LETTERS FROM HOME 15min 1996 Mike Hoolboom - Beautifully arguing that regardless of our background, we are all HIV positive.

Films for boys

COCKTAILS

HAVEN 2min 1992 Wrik Mead - Boy does boy.

HOW THE HELL ARE YOU - A satirical look at American Culture.

KISS MY CRUCIFIX 2min 1992 Gerad Betts - Live from San Francisco: His Divine Eminence.

CLOSET CASE 4min 1995 Wrik Mead - Control? Pleasure? Queer Politics? Yes!

FRANKS COCK 8min 1993 MikeHoolboom - A moving monologue about being born, living, fucking and dying as a gay man?

THICK LIPS THIN LIPS 6min 1994 Paul Lee - A musical concerning racist homophobic violence.

JIM LOVES JACK: THE JAMES EGAN STORY - 73-year old James Egan sues the Canadian government for legal recognition of his same-sex relationship of 45 years.
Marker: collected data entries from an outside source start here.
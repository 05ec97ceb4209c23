//! The signature that grows, and what is added to it.
ghost use Rattle.std.specs.Prelude.{◌≡◌, ◌≤◌, ◌<◌, ◌^◌, ◌+◌, ◌++◌, [], ℕ, false, length, None, IsTrue, IfOk, IfErr, OnOk, OnErr};
ghost use Rattle.dps_signature.specs.Names.{IsDeclaredText, IsSymbolText, with_symbol, with_name, tuple_name, projection_name, symbol_named};
ghost use Rattle.dps_signature.specs.Signature.{Signature as SignatureValue};
ghost use Rattle.dps_scopes.specs.Scopes.{is_reserved, projections_from, tuple_at, with_tuple};
ghost use Rattle.dps_scopes.specs.Tuples.{KeepsTuples, AreUndeclared, HasSymbolsOf};

use crate::NameRefusal;
use dps_signature::{AddRefusal, Signature, SymKind, projection_text, tuple_text};
use dps_terms::{NoMemory, Sym};
use std::alloc::{AllocError, Global};
use std::marker::Model;

/// A signature has fewer symbols and names than 2^24, each. (A file has at most 2^20 tokens, so it declares fewer.)
const MOST: u32 = 1 << 24;

/// A signature to which the declarations of a file are added, one by one.
///
/// The projections of tuples come with the tuples' symbol, and with nothing else. After a refusal of what adds to it, it
/// is as it was.
#[derive(Drop)]
pub struct SignatureBuilder {
    signature: Signature,
}

impl Model for SignatureBuilder {
    ghost use Rattle.dps_signature.specs.Signature.{Signature};
    ghost use Rattle.dps_signature.specs.StoredSignature.{signature_code};
    ghost use Rattle.dps_scopes.specs.Tuples.{KeepsTuples};

    ghost Value = { Signature };

    ghost coded = { signature_code };

    ghost view = { λ a. a.signature };

    ghost invariant = { λ a. KeepsTuples a.signature };
}

impl SignatureBuilder {
    /// Nothing is declared. It takes no memory.
    #[tactic(auto, using(crate::proofs::Undeclared::nothing_declared))]
    pub fn new(alloc: Global) -> SignatureBuilder
        ensures { result ≡ record { symbols = []; names = [] } }
    {
        SignatureBuilder {
            signature: Signature::new(alloc),
        }
    }

    /// The signature.
    pub fn signature(&self) -> &Signature
        ensures { result.now ≡ self.now }
    {
        &self.signature
    }

    /// The signature alone.
    pub fn into_signature(self) -> Signature
        ensures { result ≡ self }
    {
        self.signature
    }
}

/// Whether so many more symbols, and one more name, may be added.
fn has_room(signature: &Signature, more: u32) -> bool
    requires { more ≤ 9 }
    ensures symbols { IsTrue result → length signature.now.symbols + more ≤ 2 ^ 24 }
    ensures names { IsTrue result → length signature.now.names < 2 ^ 24 }
{
    signature.symbol_count() <= MOST - more && signature.name_count() < MOST
}

/// One more symbol, with a text that a declaration may have and nothing has, and its number.
///
/// The error is `Memory`: out of memory, or the signature is full.
pub fn add_symbol(
    signature: &mut SignatureBuilder,
    text: &str,
    kind: SymKind,
    arity: u32,
) -> Result<Sym, NameRefusal>
    requires free { is_reserved text.now ≡ false }
    requires fresh { ¬ IsDeclaredText signature.old text.now }
    ensures number { IfOk result (λ s. s.number ≡ length signature.old.symbols) }
    ensures ok { OnOk result (signature.new ≡ with_symbol signature.old (record { name = text.now; kind = kind; arity = arity })) }
    ensures unchanged { OnErr result (signature.new ≡ signature.old) }
    ensures memory { IfErr result (λ refusal. refusal ≡ NameRefusal.Memory) }
{
    if !has_room(&signature.signature, 1) {
        return Err(NameRefusal::Memory);
    }
    match push_symbol(&mut signature.signature, text, kind, arity) {
        Ok(sym) => Ok(sym),
        Err(_) => Err(NameRefusal::Memory),
    }
}

/// One more name, with a text that a declaration may have and nothing has.
///
/// The error is `Memory`: out of memory, or the signature is full.
pub fn add_name(
    signature: &mut SignatureBuilder,
    text: &str,
    private: bool,
) -> Result<(), NameRefusal>
    requires free { is_reserved text.now ≡ false }
    requires fresh { ¬ IsDeclaredText signature.old text.now }
    ensures ok { OnOk result (signature.new ≡ with_name signature.old (record { name = text.now; is_private = private })) }
    ensures unchanged { OnErr result (signature.new ≡ signature.old) }
    ensures memory { IfErr result (λ refusal. refusal ≡ NameRefusal.Memory) }
{
    if !has_room(&signature.signature, 1) {
        return Err(NameRefusal::Memory);
    }
    match signature.signature.add_name(text, private) {
        Ok(_) => Ok(()),
        Err(AddRefusal::Twice) => unreachable!(),
        Err(AddRefusal::Memory) => Err(NameRefusal::Memory),
    }
}

/// The symbol of the tuples of this length, which is 2 to 8. Where it isn't there yet, it is added with its projections.
///
/// The error is `Memory`: out of memory, or the signature is full.
pub fn tuple_symbol(
    alloc: Global,
    signature: &mut SignatureBuilder,
    length: u32,
) -> Result<Sym, NameRefusal>
    requires some { 2 ≤ length }
    requires few { length ≤ 8 }
    ensures number { IfOk result (λ s. s.number ≡ (with_tuple signature.old length).symbol) }
    ensures ok { OnOk result (signature.new ≡ (with_tuple signature.old length).signature) }
    ensures unchanged { OnErr result (signature.new ≡ signature.old) }
    ensures memory { IfErr result (λ refusal. refusal ≡ NameRefusal.Memory) }
{
    match signature.signature.symbol(tuple_text(length)) {
        Some(sym) => Ok(sym),
        None => match add_tuple(alloc, &mut signature.signature, length) {
            Ok(sym) => Ok(sym),
            Err(_) => Err(NameRefusal::Memory),
        },
    }
}

/// Adds the symbol of the tuples of so many members and their projections, all of them or none.
fn add_tuple(alloc: Global, signature: &mut Signature, members: u32) -> Result<Sym, NoMemory>
    requires some { 2 ≤ members }
    requires few { members ≤ 8 }
    requires fresh { AreUndeclared signature.old members }
    ensures number { IfOk result (λ s. s.number ≡ length signature.old.symbols) }
    ensures ok { OnOk result (signature.new ≡ (tuple_at signature.old members None).signature) }
    ensures unchanged { OnErr result (signature.new ≡ signature.old) }
{
    if !has_room(signature, members + 1) {
        return Err(AllocError);
    }
    let count = signature.symbol_count();
    match push_tuple(alloc, signature, members) {
        Ok(sym) => Ok(sym),
        Err(error) => {
            signature.truncate_symbols(count);
            Err(error)
        }
    }
}

/// Adds them. Where memory runs out, it leaves those that it added.
fn push_tuple(alloc: Global, signature: &mut Signature, members: u32) -> Result<Sym, NoMemory>
    requires some { 2 ≤ members }
    requires few { members ≤ 8 }
    requires room { length signature.old.symbols + members + 1 ≤ 2 ^ 24 }
    requires few_names { length signature.old.names < 2 ^ 24 }
    requires fresh { AreUndeclared signature.old members }
    ensures number { IfOk result (λ s. s.number ≡ length signature.old.symbols) }
    ensures ok { OnOk result (signature.new ≡ (tuple_at signature.old members None).signature) }
    ensures grown { OnErr result (HasSymbolsOf signature.old signature.new) }
{
    let text = tuple_text(members);
    let sym = push_symbol(signature, text, SymKind::Constructor, members)?;
    push_projections(alloc, signature, members)?;
    Ok(sym)
}

/// Adds the projections of the tuples of so many members. Where memory runs out, it leaves those that it added.
#[tactic(auto, using(crate::proofs::Signatures::for_projections))]
fn push_projections(alloc: Global, signature: &mut Signature, members: u32) -> Result<(), NoMemory>
    requires some { 2 ≤ members }
    requires few { members ≤ 8 }
    requires room { length signature.old.symbols + members ≤ 2 ^ 24 }
    requires few_names { length signature.old.names < 2 ^ 24 }
    requires fresh { (i : ℕ) → ¬ IsDeclaredText signature.old (projection_name i members) }
    ensures ok { OnOk result (signature.new ≡ record { symbols = signature.old.symbols ++ projections_from members 1 members; names = signature.old.names }) }
    ensures grown { OnErr result (HasSymbolsOf signature.old signature.new) }
{
    for index in 1..members + 1 {
        let text = projection_text(alloc, index, members)?;
        push_symbol(signature, text.as_str(), SymKind::Destructor, 1)?;
    }
    Ok(())
}

/// One more symbol, with a text that nothing has.
fn push_symbol(
    signature: &mut Signature,
    text: &str,
    kind: SymKind,
    arity: u32,
) -> Result<Sym, NoMemory>
    requires few_symbols { length signature.old.symbols < 2 ^ 24 }
    requires few_names { length signature.old.names < 2 ^ 24 }
    requires spelled { IsSymbolText text.now kind arity }
    requires fresh { ¬ IsDeclaredText signature.old text.now }
    ensures number { IfOk result (λ s. s.number ≡ length signature.old.symbols) }
    ensures ok { OnOk result (signature.new ≡ with_symbol signature.old (record { name = text.now; kind = kind; arity = arity })) }
    ensures unchanged { OnErr result (signature.new ≡ signature.old) }
{
    match signature.add_symbol(text, kind, arity) {
        Ok(sym) => Ok(sym),
        Err(AddRefusal::Twice) => unreachable!(),
        Err(AddRefusal::Memory) => Err(AllocError),
    }
}

/// The projection of tuples with this index, which is counted from 1. (A `u32` holds the number, since the tables of symbols
/// are smaller.)
pub fn projection_symbol(tuple: Sym, index: u32) -> Result<Sym, NoMemory>
    ensures { IfOk result (λ s. s ≡ record { number = tuple.number + index }) }
{
    let number = tuple.number.checked_add(index).ok_or(AllocError)?;
    Ok(Sym { number })
}
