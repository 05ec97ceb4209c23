//! The processes that a file defines.
ghost use Rattle.std.specs.Prelude.{◌≡◌, ◌<◌, [], ◌∷◌, ◌++◌, length, position, slice_get, Some, None, IfOk, OnOk, OnErr};
ghost use Rattle.std.specs.Option.{option_map};
ghost use Rattle.std.specs.Str.{bytes_eq};

use crate::Body;
use dps_terms::NoMemory;
use indexmap::IndexMap;
use std::alloc::{AllocError, Global};
use std::marker::Model;

/// `let P(x,y,..) = p.`: the parameters are the first locals of the body.
#[derive(Drop)]
pub struct Definition {
    pub name: String,
    pub parameters: usize,
    pub body: Body,
}

impl Model for Definition {
    ghost use Rattle.std.specs.Prelude.{string_bytes};
    ghost use Rattle.dps_scopes.specs.Definition.{Definition};
    ghost use Rattle.dps_scopes.specs.StoredDefinition.{definition_code};

    ghost Value = { Definition };

    ghost coded = { definition_code };

    ghost view = { λ a. record { name = string_bytes a.name; parameters = a.parameters; body = a.body } };
}

#[derive(Drop)]
struct Defined {
    parameters: usize,
    body: Body,
}

/// The processes that are defined so far, numbered from 0. No two have the same name.
#[derive(Drop)]
pub struct Definitions {
    processes: IndexMap<String, Defined>,
}

impl Model for Definitions {
    ghost use Rattle.std.specs.Prelude.{List, map, string_bytes};
    ghost use Rattle.std.specs.Coded.{coded_list};
    ghost use Rattle.dps_scopes.specs.Definition.{Definition};
    ghost use Rattle.dps_scopes.specs.StoredDefinition.{definition_code};

    ghost Value = { List Definition };

    ghost coded = { coded_list definition_code };

    ghost view = { λ a. map (λ e. record { name = string_bytes e.0; parameters = e.1.parameters; body = e.1.body }) a.processes.entries };
}

impl Definitions {
    /// No definitions. It takes no memory.
    pub fn new(alloc: Global) -> Definitions
        ensures { result ≡ [] }
    {
        Definitions {
            processes: IndexMap::new(alloc),
        }
    }

    /// The number of the process with this name.
    pub fn find(&self, name: &str) -> Option<usize>
        ensures { result ≡ position (λ d. bytes_eq name.now d.name) self.now }
    {
        self.processes.get_index_of(name)
    }

    /// How many parameters the process with this number has. It has to be there.
    pub fn parameters(&self, number: usize) -> usize
        requires { number < length self.now }
        ensures { option_map (λ d. d.parameters) (slice_get self.now number) ≡ Some result }
    {
        match self.processes.get_index(number) {
            Some((_, process)) => process.parameters,
            None => unreachable!(),
        }
    }

    /// One more process, with a name that no other has. It fails out of memory alone; nothing has changed then.
    pub fn push(
        &mut self,
        alloc: Global,
        name: &str,
        parameters: usize,
        body: Body,
    ) -> Result<(), NoMemory>
        requires { position (λ d. bytes_eq name.now d.name) self.old ≡ None }
        ensures ok { OnOk result (self.new ≡ self.old ++ record { name = name.now; parameters = parameters; body = body } ∷ []) }
        ensures unchanged { OnErr result (self.new ≡ self.old) }
    {
        let name = String::from_str(alloc, name)?;
        self.processes.insert(name, Defined { parameters, body })?;
        Ok(())
    }

    /// The definitions, in order. It fails only out of memory.
    #[tactic(auto, using(crate::proofs::Listing::for_listing))]
    pub fn into_list(self, alloc: Global) -> Result<Vec<Definition>, NoMemory>
        ensures { IfOk result (λ found. found.items ≡ self) }
    {
        let mut found = Vec::with_capacity(alloc, self.processes.len())?;
        for (name, process) in self.processes {
            let Defined { parameters, body } = process;
            found.push(Definition {
                name,
                parameters,
                body,
            })?;
        }
        Ok(found)
    }
}
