// What the words of the command line ask for.
ghost use Rattle.std.specs.Prelude.{◌≡◌, ◌<◌, ◌≤◌, map, string_bytes, IfSome};
ghost use Rattle.lgx_stations.specs.declared.stations.TheConstants.{MAX_STATIONS};
ghost use Rattle.spec_text.specs.TextLines.{unsigned_of};
ghost use Rattle.logix_run.specs.Words.{command_of, of_one, of_two, of_three, station_count};
ghost use Rattle.logix_run.specs.Commands.{said, HasStations};

/// A command, with the names of its files.
#[derive(Clone, Copy)]
pub(crate) enum Command<'a> {
    Check(&'a str),
    Text(&'a str),
    Migrate(&'a str),
    Xref(&'a str),
    Gen(u32),
    Replay(&'a str, &'a str),
    Trace(&'a str, &'a str),
    Audit(&'a str, &'a str),
    Run(&'a str, &'a str),
    Link(&'a str, &'a str, &'a str),
    /// And how many stations watch: 1 to 8.
    Stations(&'a str, &'a str, u32),
    /// No command has these words.
    Usage,
}

/// The number that 1 to 10 decimal digits are, up to 4,294,967,295. Zeros in front do no harm, and a sign does.
#[tactic(auto, using(crate::proofs::Numbers::long_number, crate::proofs::Numbers::signed_number, crate::proofs::Numbers::parsed_number))]
fn number_of(digits: &str) -> Option<u32>
    ensures { result ≡ unsigned_of digits.now }
{
    if digits.len() > 10 {
        return None;
    }
    match digits.as_bytes() {
        [b'+', ..] => None,
        _ => digits.parse::<u32>().ok(),
    }
}

/// The number that one digit from 1 to 8 is.
fn station_count(digit: &str) -> Option<u32>
    ensures count { result ≡ station_count digit.now }
    ensures few { IfSome result (λ count. (0 < count) × (count ≤ MAX_STATIONS)) }
{
    let [digit] = digit.as_bytes() else {
        return None;
    };
    if *digit > b'0' && *digit < b'9' {
        return Some(u32::from(*digit - b'0'));
    }
    None
}

/// The command of a word and one more.
fn command_of_one<'a>(word: &str, name: &'a str) -> Command<'a>
    ensures said { said result ≡ of_one word.now name.now }
    ensures few { HasStations result }
{
    match word {
        "check" => Command::Check(name),
        "text" => Command::Text(name),
        "migrate" => Command::Migrate(name),
        "xref" => Command::Xref(name),
        "gen" => match number_of(name) {
            Some(number) => Command::Gen(number),
            None => Command::Usage,
        },
        _ => Command::Usage,
    }
}

/// The command of a word and two more.
fn command_of_two<'a>(word: &str, first: &'a str, second: &'a str) -> Command<'a>
    ensures said { said result ≡ of_two word.now first.now second.now }
    ensures few { HasStations result }
{
    match word {
        "replay" => Command::Replay(first, second),
        "trace" => Command::Trace(first, second),
        "audit" => Command::Audit(first, second),
        "run" => Command::Run(first, second),
        _ => Command::Usage,
    }
}

/// The command of a word and three more.
fn command_of_three<'a>(word: &str, first: &'a str, second: &'a str, third: &'a str) -> Command<'a>
    ensures said { said result ≡ of_three word.now first.now second.now third.now }
    ensures few { HasStations result }
{
    match word {
        "link" => Command::Link(first, second, third),
        "stations" => match station_count(third) {
            Some(count) => Command::Stations(first, second, count),
            None => Command::Usage,
        },
        _ => Command::Usage,
    }
}

/// What these words ask for.
#[tactic(auto, unfolding(crate::specs::Words::command_of))]
pub(crate) fn command_of(words: &[String]) -> Command<'_>
    ensures said { said result ≡ command_of (map string_bytes words.now) }
    ensures few { HasStations result }
{
    match words {
        [word, name] => command_of_one(word.as_str(), name.as_str()),
        [word, first, second] => command_of_two(word.as_str(), first.as_str(), second.as_str()),
        [word, first, second, third] => command_of_three(
            word.as_str(),
            first.as_str(),
            second.as_str(),
            third.as_str(),
        ),
        _ => Command::Usage,
    }
}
FRUIT MACHINE 8min 1998 Wrik Mead - Hired by the Canadian Government in the 60s, Dr. F.R. Wake devises a test that will expose homosexuality. This doctor has a few secrets hidden in his bag.

Films for girls

LIPSERVICE

BREAKFAST WITH GUS 8min 1997 Siobhan Devine - Gus the cat takes morning matters in his own paws.

DAMES 9min 1997 Hope Thompson - Walking the walk and talking the talk is the name of the game for our girl Roxy.

WHY I'LL NEVER TRUST YOU (IN 200 WORDS OR LESS) 11min 1995 Cassandra Nicolaou - What seems to be is not entirely so.

EXPOSURE 8min 1990 Michelle Mohabeer - Exploring the issues of race, sexuality, and cultural identity.

TINY BUBBLES 5min 1996 Bo Myers - A discreet sharing of secrets.

KELTIES BEARD: A WOMAN'S STORY 9min 1997 Sara Halprin - The bearded woman speaks.

MY CUNT 6min 1996 Australia Deb Strutt & Liz Baulch - The complications and implications of living with one.

GOOD CITIZEN: BETTY BAKER 27min 1995 Shawna Dempsey - Homemaker Betty Baker discovers an exiting world of 100% Woman.

TWISTED SHEETS 14min 1996 Chris Deacon - A bright and lively, romantic comedy of coincidences.